**PROBLEM DESCRIPTION:**
A verbatim repeat of the records beneath this line is needed.

[Stored dataset items]

□ □ □

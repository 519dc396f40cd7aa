//! Words that are no command, files, images, packets, and programs that don't fit.

use crate::tests::compare::same_bytes;
use crate::tests::messages::{COMPILE, PLAIN, SIM, SWITCH, message, message_of};
use rmt_explain::commands::{FORMS, Form};
use rmt_explain::ending::Texts;
use std::alloc::{AllocError, Global};
use std::io::ErrorKind;
use std::test::*;

const REPORT: &[&str] = &["report", "i"];

/// A table on 48 bits whose entries don't load.
const NO_LOAD: &str = "header h { k : 48; } next accept;
action no() { }
table t { exact h.k; actions no; size 64; default no(); }
control { apply t; }
";

/// Words, a status, and the message.
type Call = (&'static [&'static str], u8, &'static str);

/// Words that are no command, and files that can't be read or written.
const CALLS: [Call; 13] = [
    (
        &[],
        1,
        "rmt: no command is given
",
    ),
    (
        &["comple", "p"],
        1,
        "rmt: word 1, `comple`, is no command
",
    ),
    (
        &["--version"],
        1,
        "rmt: word 1, `--version`, is no command
",
    ),
    (
        &["sim", "i"],
        1,
        "rmt: PACKETS is missing: the command is `sim IMAGE PACKETS`
",
    ),
    (
        &["compile"],
        1,
        "rmt: PROGRAM is missing: the command is `compile PROGRAM ENTRIES IMAGE`
",
    ),
    (
        &["report", "i", "x"],
        1,
        "rmt: word 3, `x`, is one too many: the command is `report IMAGE`
",
    ),
    (
        &["probe", "i", "k", "z"],
        1,
        "rmt: word 4, `z`, is no CYCLE: 1 to 9 decimal digits are wanted
",
    ),
    (
        &["improve", "p", "e", "i", "0"],
        1,
        "rmt: word 5, `0`, is no BUDGET: a number from 1 to 1,000 is wanted, in decimal digits
",
    ),
    (
        &["sample", "0"],
        1,
        "rmt: word 2, `0`, is no N: a number from 1 to 100,000 is wanted, in decimal digits
",
    ),
    (
        SIM,
        2,
        "rmt: a file can't be read
",
    ),
    (
        SIM,
        3,
        "rmt: standard output can't be written
",
    ),
    (
        COMPILE,
        3,
        "rmt: standard output can't be written, or i; if the image was written, it stands whole
",
    ),
    (
        &["switch", "i", "g", "c", "o", "0"],
        1,
        "rmt: word 6, `0`, is no EVERY: a number from 1 to 999,999 is wanted, in decimal digits
",
    ),
];

/// Words, a status, the name of a file and its fault, and the message.
type Fault = (
    &'static [&'static str],
    u8,
    &'static str,
    ErrorKind,
    &'static str,
);

/// Files that can't be read or written, or are too long.
const FAULTS: [Fault; 8] = [
    (
        COMPILE,
        2,
        "e",
        ErrorKind::NotFound,
        "rmt: e can't be read: there is no file of this name, or no folder of its path
",
    ),
    (
        COMPILE,
        2,
        "p",
        ErrorKind::IsADirectory,
        "rmt: p can't be read: it is a folder
",
    ),
    (
        SIM,
        2,
        "k",
        ErrorKind::PermissionDenied,
        "rmt: k can't be read: there is no permission
",
    ),
    (
        COMPILE,
        3,
        "i",
        ErrorKind::StorageFull,
        "rmt: i can't be written: the disk is full; what it holds now is not known
",
    ),
    (
        COMPILE,
        3,
        "i",
        ErrorKind::PermissionDenied,
        "rmt: i can't be written: there is no permission; what it holds now is not known
",
    ),
    (
        COMPILE,
        9,
        "e",
        ErrorKind::FileTooLarge,
        "rmt: a file is longer than its limit
  e: an entry text has at most 67,108,864 bytes
",
    ),
    (
        SWITCH,
        9,
        "c",
        ErrorKind::FileTooLarge,
        "rmt: a file is longer than its limit
  c: a capture has at most 16,777,216 bytes
",
    ),
    (
        SWITCH,
        3,
        "o.2.pcap",
        ErrorKind::StorageFull,
        "rmt: o.2.pcap can't be written: the disk is full; what it holds now is not known, and the captures of lower ports stand whole
",
    ),
];

/// Words, a status, the last line, and the message.
type Ended = (&'static [&'static str], u8, &'static str, &'static str);

/// Images and captures that are none, limits that are passed, want of memory, and programs that don't fit.
const ENDED: [Ended; 16] = [
    (
        SIM,
        7,
        "bad image 1\n",
        "rmt: i is no image: it doesn't begin with the letters RMTI, so it is another kind of file; give the file that `compile` wrote
",
    ),
    (
        SIM,
        7,
        "bad image 2\n",
        "rmt: i is no image: its version is none of 1, 2 and 3; compile it again with this program
",
    ),
    (
        REPORT,
        7,
        "bad image 3\n",
        "rmt: i is no image: it ends too early; copy it again, or compile it again
",
    ),
    (
        REPORT,
        7,
        "bad image 4\n",
        "rmt: i is no image: it breaks a rule of form, so it is damaged or was made otherwise; compile it again
",
    ),
    (
        REPORT,
        7,
        "bad image 5\n",
        "rmt: i is no image: bytes stand behind its end; copy it again, or compile it again
",
    ),
    (
        REPORT,
        7,
        "bad image 6 limit 7 stage 2 sum 17 need 0\n",
        "rmt: i doesn't fit the chip: stage 2 takes 17 of at most 16 TCAM blocks; stages are counted from 0
",
    ),
    (
        REPORT,
        7,
        "bad image 6 limit 14 stage 2 sum 129 need 0\n",
        "rmt: i doesn't fit the chip: it takes 129 of at most 128 `apply`s and `if`s; stages are counted from 0
",
    ),
    (
        SIM,
        7,
        "bad image 6 limit 16 stage 1 sum 373 need 0\n",
        "rmt: i doesn't fit the chip: it takes 373 of at most 372 cycles before the last stage starts; stages are counted from 0
",
    ),
    (
        REPORT,
        9,
        "",
        "rmt: a file is longer than its limit
  i: an image has at most 268,435,456 bytes
",
    ),
    (
        REPORT,
        10,
        "",
        "rmt: the system refused memory; no file was changed
  Give the program more memory, or make the tables, entries or packets smaller.
",
    ),
    (
        SWITCH,
        8,
        "bad packets 11 line 0
",
        "rmt: c is no capture: it doesn't begin with a magic of pcap, so it is another kind of file; of a capture in pcapng `editcap -F pcap` makes one
",
    ),
    (
        SWITCH,
        10,
        "",
        "rmt: the system refused memory; captures that were written before stand whole
  Give the program more memory, or make the tables, entries or packets smaller.
",
    ),
    (
        COMPILE,
        6,
        "no fit parser 300\n",
        "rmt: the headers have 300, and the chip has room for 256 cases and `else`s: take fewer cases, or put a mask on them
",
    ),
    (
        COMPILE,
        6,
        "no fit action total h.a\n",
        "rmt: what action `total` leaves in `h.a` takes more than one operation on old values: do one operation here, and the others in the action of a table applied behind it
",
    ),
    (
        COMPILE,
        6,
        "no fit phv h.a 32\n",
        "rmt: no word of 32 bits or more is left in the header vector for a piece of `h.a`: take fewer or narrower fields
",
    ),
    (
        COMPILE,
        6,
        "no fit stage t 0:7:16:2 1:7:12:6\n",
        "rmt: `t` has no room in any stage from its earliest one on; in stage 0 16 of 16 TCAM blocks are in use, and it needs 2 more: make ternary and prefix tables smaller or narrower, or use exact ones
",
    ),
];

□ □ □

**WRITTEN RESPONSE:**
repository 519dc396f40cd7aa
//! Words that are no command, files, images, packets, and programs that don't fit.

use crate::tests::compare::same_bytes;
use crate::tests::messages::{COMPILE, PLAIN, SIM, SWITCH, message, message_of};
use rmt_explain::commands::{FORMS, Form};
use rmt_explain::ending::Texts;
use std::alloc::{AllocError, Global};
use std::io::ErrorKind;
use std::test::*;

const REPORT: &[&str] = &["report", "i"];

/// A table on 48 bits whose entries don't load.
const NO_LOAD: &str = "header h { k : 48; } next accept;
action no() { }
table t { exact h.k; actions no; size 64; default no(); }
control { apply t; }
";

/// Words, a status, and the message.
type Call = (&'static [&'static str], u8, &'static str);

/// Words that are no command, and files that can't be read or written.
const CALLS: [Call; 13] = [
    (
        &[],
        1,
        "rmt: no command is given
",
    ),
    (
        &["comple", "p"],
        1,
        "rmt: word 1, `comple`, is no command
",
    ),
    (
        &["--version"],
        1,
        "rmt: word 1, `--version`, is no command
",
    ),
    (
        &["sim", "i"],
        1,
        "rmt: PACKETS is missing: the command is `sim IMAGE PACKETS`
",
    ),
    (
        &["compile"],
        1,
        "rmt: PROGRAM is missing: the command is `compile PROGRAM ENTRIES IMAGE`
",
    ),
    (
        &["report", "i", "x"],
        1,
        "rmt: word 3, `x`, is one too many: the command is `report IMAGE`
",
    ),
    (
        &["probe", "i", "k", "z"],
        1,
        "rmt: word 4, `z`, is no CYCLE: 1 to 9 decimal digits are wanted
",
    ),
    (
        &["improve", "p", "e", "i", "0"],
        1,
        "rmt: word 5, `0`, is no BUDGET: a number from 1 to 1,000 is wanted, in decimal digits
",
    ),
    (
        &["sample", "0"],
        1,
        "rmt: word 2, `0`, is no N: a number from 1 to 100,000 is wanted, in decimal digits
",
    ),
    (
        SIM,
        2,
        "rmt: a file can't be read
",
    ),
    (
        SIM,
        3,
        "rmt: standard output can't be written
",
    ),
    (
        COMPILE,
        3,
        "rmt: standard output can't be written, or i; if the image was written, it stands whole
",
    ),
    (
        &["switch", "i", "g", "c", "o", "0"],
        1,
        "rmt: word 6, `0`, is no EVERY: a number from 1 to 999,999 is wanted, in decimal digits
",
    ),
];

/// Words, a status, the name of a file and its fault, and the message.
type Fault = (
    &'static [&'static str],
    u8,
    &'static str,
    ErrorKind,
    &'static str,
);

/// Files that can't be read or written, or are too long.
const FAULTS: [Fault; 8] = [
    (
        COMPILE,
        2,
        "e",
        ErrorKind::NotFound,
        "rmt: e can't be read: there is no file of this name, or no folder of its path
",
    ),
    (
        COMPILE,
        2,
        "p",
        ErrorKind::IsADirectory,
        "rmt: p can't be read: it is a folder
",
    ),
    (
        SIM,
        2,
        "k",
        ErrorKind::PermissionDenied,
        "rmt: k can't be read: there is no permission
",
    ),
    (
        COMPILE,
        3,
        "i",
        ErrorKind::StorageFull,
        "rmt: i can't be written: the disk is full; what it holds now is not known
",
    ),
    (
        COMPILE,
        3,
        "i",
        ErrorKind::PermissionDenied,
        "rmt: i can't be written: there is no permission; what it holds now is not known
",
    ),
    (
        COMPILE,
        9,
        "e",
        ErrorKind::FileTooLarge,
        "rmt: a file is longer than its limit
  e: an entry text has at most 67,108,864 bytes
",
    ),
    (
        SWITCH,
        9,
        "c",
        ErrorKind::FileTooLarge,
        "rmt: a file is longer than its limit
  c: a capture has at most 16,777,216 bytes
",
    ),
    (
        SWITCH,
        3,
        "o.2.pcap",
        ErrorKind::StorageFull,
        "rmt: o.2.pcap can't be written: the disk is full; what it holds now is not known, and the captures of lower ports stand whole
",
    ),
];

/// Words, a status, the last line, and the message.
type Ended = (&'static [&'static str], u8, &'static str, &'static str);

/// Images and captures that are none, limits that are passed, want of memory, and programs that don't fit.
const ENDED: [Ended; 16] = [
    (
        SIM,
        7,
        "bad image 1\n",
        "rmt: i is no image: it doesn't begin with the letters RMTI, so it is another kind of file; give the file that `compile` wrote
",
    ),
    (
        SIM,
        7,
        "bad image 2\n",
        "rmt: i is no image: its version is none of 1, 2 and 3; compile it again with this program
",
    ),
    (
        REPORT,
        7,
        "bad image 3\n",
        "rmt: i is no image: it ends too early; copy it again, or compile it again
",
    ),
    (
        REPORT,
        7,
        "bad image 4\n",
        "rmt: i is no image: it breaks a rule of form, so it is damaged or was made otherwise; compile it again
",
    ),
    (
        REPORT,
        7,
        "bad image 5\n",
        "rmt: i is no image: bytes stand behind its end; copy it again, or compile it again
",
    ),
    (
        REPORT,
        7,
        "bad image 6 limit 7 stage 2 sum 17 need 0\n",
        "rmt: i doesn't fit the chip: stage 2 takes 17 of at most 16 TCAM blocks; stages are counted from 0
",
    ),
    (
        REPORT,
        7,
        "bad image 6 limit 14 stage 2 sum 129 need 0\n",
        "rmt: i doesn't fit the chip: it takes 129 of at most 128 `apply`s and `if`s; stages are counted from 0
",
    ),
    (
        SIM,
        7,
        "bad image 6 limit 16 stage 1 sum 373 need 0\n",
        "rmt: i doesn't fit the chip: it takes 373 of at most 372 cycles before the last stage starts; stages are counted from 0
",
    ),
    (
        REPORT,
        9,
        "",
        "rmt: a file is longer than its limit
  i: an image has at most 268,435,456 bytes
",
    ),
    (
        REPORT,
        10,
        "",
        "rmt: the system refused memory; no file was changed
  Give the program more memory, or make the tables, entries or packets smaller.
",
    ),
    (
        SWITCH,
        8,
        "bad packets 11 line 0
",
        "rmt: c is no capture: it doesn't begin with a magic of pcap, so it is another kind of file; of a capture in pcapng `editcap -F pcap` makes one
",
    ),
    (
        SWITCH,
        10,
        "",
        "rmt: the system refused memory; captures that were written before stand whole
  Give the program more memory, or make the tables, entries or packets smaller.
",
    ),
    (
        COMPILE,
        6,
        "no fit parser 300\n",
        "rmt: the headers have 300, and the chip has room for 256 cases and `else`s: take fewer cases, or put a mask on them
",
    ),
    (
        COMPILE,
        6,
        "no fit action total h.a\n",
        "rmt: what action `total` leaves in `h.a` takes more than one operation on old values: do one operation here, and the others in the action of a table applied behind it
",
    ),
    (
        COMPILE,
        6,
        "no fit phv h.a 32\n",
        "rmt: no word of 32 bits or more is left in the header vector for a piece of `h.a`: take fewer or narrower fields
",
    ),
    (
        COMPILE,
        6,
        "no fit stage t 0:7:16:2 1:7:12:6\n",
        "rmt: `t` has no room in any stage from its earliest one on; in stage 0 16 of 16 TCAM blocks are in use, and it needs 2 more: make ternary and prefix tables smaller or narrower, or use exact ones
",
    ),
];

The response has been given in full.